LLM-Safety Evaluations Lack Robustness (Position paper)
(Tim Beyer, Sophie Xhonneux, Simon Geisler, Gauthier Gidel, Leo Schwinn, Stephan Günnemann)
Current safety alignment research efforts for large language models are hindered by many intertwined sources of noise, such as small datasets, methodological inconsistencies, and unreliable evaluation setups. This can, at times, make it impossible to evaluate and compare attacks and defenses fairly, thereby slowing progress. We systematically analyze the LLM safety evaluation pipeline, covering dataset curation, optimization strategies for automated red-teaming, response generation, and response evaluation using LLM judges. At each stage, we identify key issues and highlight their practical impact. We also propose a set of guidelines for reducing noise and bias in evaluations of future attack and defense papers. Lastly, we offer an opposing perspective, highlighting practical reasons for existing limitations. We believe that addressing the outlined problems in future research will improve the field's ability to generate easily comparable results and make measurable progress.
Flow-Based Density Ratio Estimation for Intractable Distributions with Applications in Genomics
(Egor Antipov*, Alessandro Palma*, Lorenzo Consoli*, Stephan Günnemann, Andrea Dittadi, Fabian J. Theis)

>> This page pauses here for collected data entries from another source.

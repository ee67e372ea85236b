// A sink in memory, for tests of what is above.
ghost use Rattle.std.specs.Prelude.{◌≡◌, ◌<◌, []};
ghost use Rattle.redo_io.specs.Memory.{WritesStore, store_seen};
ghost use Rattle.redo_io.specs.Plan.{unused};
ghost use Rattle.redo_io.specs.Steps.{SinkStep};

use crate::plan::Plan;
use crate::{IoFault, Sink};
use std::alloc::Global;
use std::marker::Model;

/// A sink that keeps the bytes in a vector, takes them in pieces if it was made so, and fails where it was told to. Want of
/// memory is a fault too.
#[derive(Debug, Drop)]
pub struct MemSink {
    bytes: Vec<u8>,
    piece: usize,
    plan: Plan,
}

impl Model for MemSink {
    ghost use Rattle.std.specs.Prelude.{◌<◌};
    ghost use Rattle.redo_io.specs.Memory.{Store};

    ghost Value = { Store };

    ghost view = { λ sink. record { taken = sink.bytes.items; piece = sink.piece; plan = sink.plan } };

    ghost invariant = { λ sink. 0 < sink.piece };
}

impl MemSink {
    /// An empty sink that fails only for want of memory.
    pub fn new(alloc: Global) -> Self
        ensures { result ≡ record { taken = []; piece = usize.MAX; plan = unused [] } }
    {
        MemSink::failing(alloc, Vec::new(alloc))
    }

    /// An empty sink that fails at these writes too, which are numbered from 0. A write that fails takes no byte.
    pub fn failing(alloc: Global, calls: Vec<u64>) -> Self
        ensures { result ≡ record { taken = []; piece = usize.MAX; plan = unused calls.items } }
    {
        MemSink {
            bytes: Vec::new(alloc),
            piece: usize::MAX,
            plan: Plan::new(calls),
        }
    }

    /// An empty sink that takes at most so many bytes a write, and fails only for want of memory.
    pub fn short(alloc: Global, piece: usize) -> Self
        requires { 0 < piece }
        ensures { result ≡ record { taken = []; piece = piece; plan = unused [] } }
    {
        MemSink {
            bytes: Vec::new(alloc),
            piece,
            plan: Plan::new(Vec::new(alloc)),
        }
    }

    /// The bytes taken so far.
    pub fn bytes(&self) -> &[u8]
        ensures { result.now ≡ self.now.taken }
    {
        self.bytes.as_slice()
    }
}

impl Sink for MemSink {
    ghost seen = { store_seen };

    ghost write_gives = { WritesStore };

    fn write(&mut self, bytes: &[u8]) -> Result<usize, IoFault>
        ensures step { SinkStep bytes.now (store_seen self.old) result (store_seen self.new) }
        ensures gives { WritesStore self.old bytes.now result self.new }
    {
        if self.plan.fails() {
            return Err(IoFault::Failed);
        }
        let count = bytes.len().min(self.piece);
        if self.bytes.extend_from_slice(&bytes[..count]).is_err() {
            self.plan.add_fault();
            return Err(IoFault::Failed);
        }
        Ok(count)
    }
}
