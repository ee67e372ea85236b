//! The page half of the running store's invariant: what holds of latches, frames, flush lists, the recent-closed buffer
//! and the data part between any two turns, and that each step keeps it.
#![tactic(auto)]
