// A sink over a writer of std.
ghost use Rattle.std.specs.Prelude.{◌≡◌, None};
ghost use Rattle.redo_io.specs.Wrapped.{WritesWriter, sink_faults, writer_of};

use crate::{IoFault, Sink};
use std::io::Write;

/// A sink over a writer: a file, a socket or the terminal. It doesn't tell what it has taken, but where the writer tells
/// what it holds, that grows by what the sink takes (`WritesWriter`). Each error of the writer is a fault, and so is a
/// write that takes nothing.
#[derive(Debug, Drop)]
pub struct WriterSink<W> {
    writer: W,
    faults: u64,
}

impl<W> WriterSink<W> {
    /// A sink that has not failed yet.
    pub fn new(writer: W) -> Self
        ensures writer { writer_of result ≡ writer }
        ensures faults { sink_faults result ≡ 0 }
    {
        WriterSink { writer, faults: 0 }
    }
}

impl<W: Write> Sink for WriterSink<W> {
    ghost seen = { λ sink. record { taken = None; faults = sink_faults sink } };

    ghost write_gives = { WritesWriter W.contents };

    fn write(&mut self, bytes: &[u8]) -> Result<usize, IoFault> {
        match self.writer.write(bytes) {
            Ok(count) if count > 0 || bytes.is_empty() => Ok(count),
            _ => {
                self.faults = self.faults.saturating_add(1);
                Err(IoFault::Failed)
            }
        }
    }
}
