// A source over a reader of std.
ghost use Rattle.std.specs.Prelude.{◌≡◌, None};
ghost use Rattle.redo_io.specs.Wrapped.{ReadsReader, reader_of, source_faults};

use crate::{IoFault, Source};
use std::io::Read;

/// A source over a reader: a file, a socket or the terminal. It doesn't tell what is left, but where the reader does, a
/// read gives what stood there (`ReadsReader`). Each error of the reader is a fault.
#[derive(Debug, Drop)]
pub struct ReaderSource<R> {
    reader: R,
    faults: u64,
}

impl<R> ReaderSource<R> {
    /// A source that has not failed yet.
    pub fn new(reader: R) -> Self
        ensures reader { reader_of result ≡ reader }
        ensures faults { source_faults result ≡ 0 }
    {
        ReaderSource { reader, faults: 0 }
    }
}

impl<R: Read> Source for ReaderSource<R> {
    ghost seen = { λ source. record { left = None; faults = source_faults source } };

    ghost read_gives = { ReadsReader R.remaining };

    fn read(&mut self, out: &mut [u8]) -> Result<usize, IoFault> {
        match self.reader.read(out) {
            Ok(count) => Ok(count),
            Err(_) => {
                self.faults = self.faults.saturating_add(1);
                Err(IoFault::Failed)
            }
        }
    }
}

Density Ratio Estimation (DRE) between conditional distributions is a fundamental problem in probabilistic modeling, underpinning tasks such as comparing the likelihoods of empirical samples under different covariates. A natural approach to approximating likelihood ratios is to separately estimate the numerator and denominator likelihoods with distinct normalizing flow models over the data points and then compose their ratio. However, this method requires simulating as many integrals as compared to likelihoods, hence it is costly and accumulates compounding discretization errors along the way. In this work, we alleviate this problem by deriving a single ordinary differential equation that directly tracks the ratio as samples travel along generative trajectories from data back to noise, thereby making the ratio dynamics explicit by composing learned velocity fields and score functions from a conditional flow model. One simulation, two conditions, no redundant integral solves. On synthetic benchmarks, this beats both naive likelihood evaluation and score-based ratio estimators, with lower error and faster runtime as dimensionality grows. In single-cell genomics, we release scRatio, a tool grounded in our framework for cellular data analysis. In this applied setting, every cell carries a gene expression profile measured under some experimental condition. The payoff is immediate: scRatio scores individual cells for differential abundance across perturbations, detects batch effects before and after correction, identifies synergistic drug combinations, and stratifies patient-specific cytokine responses, all within a unified likelihood-based framework.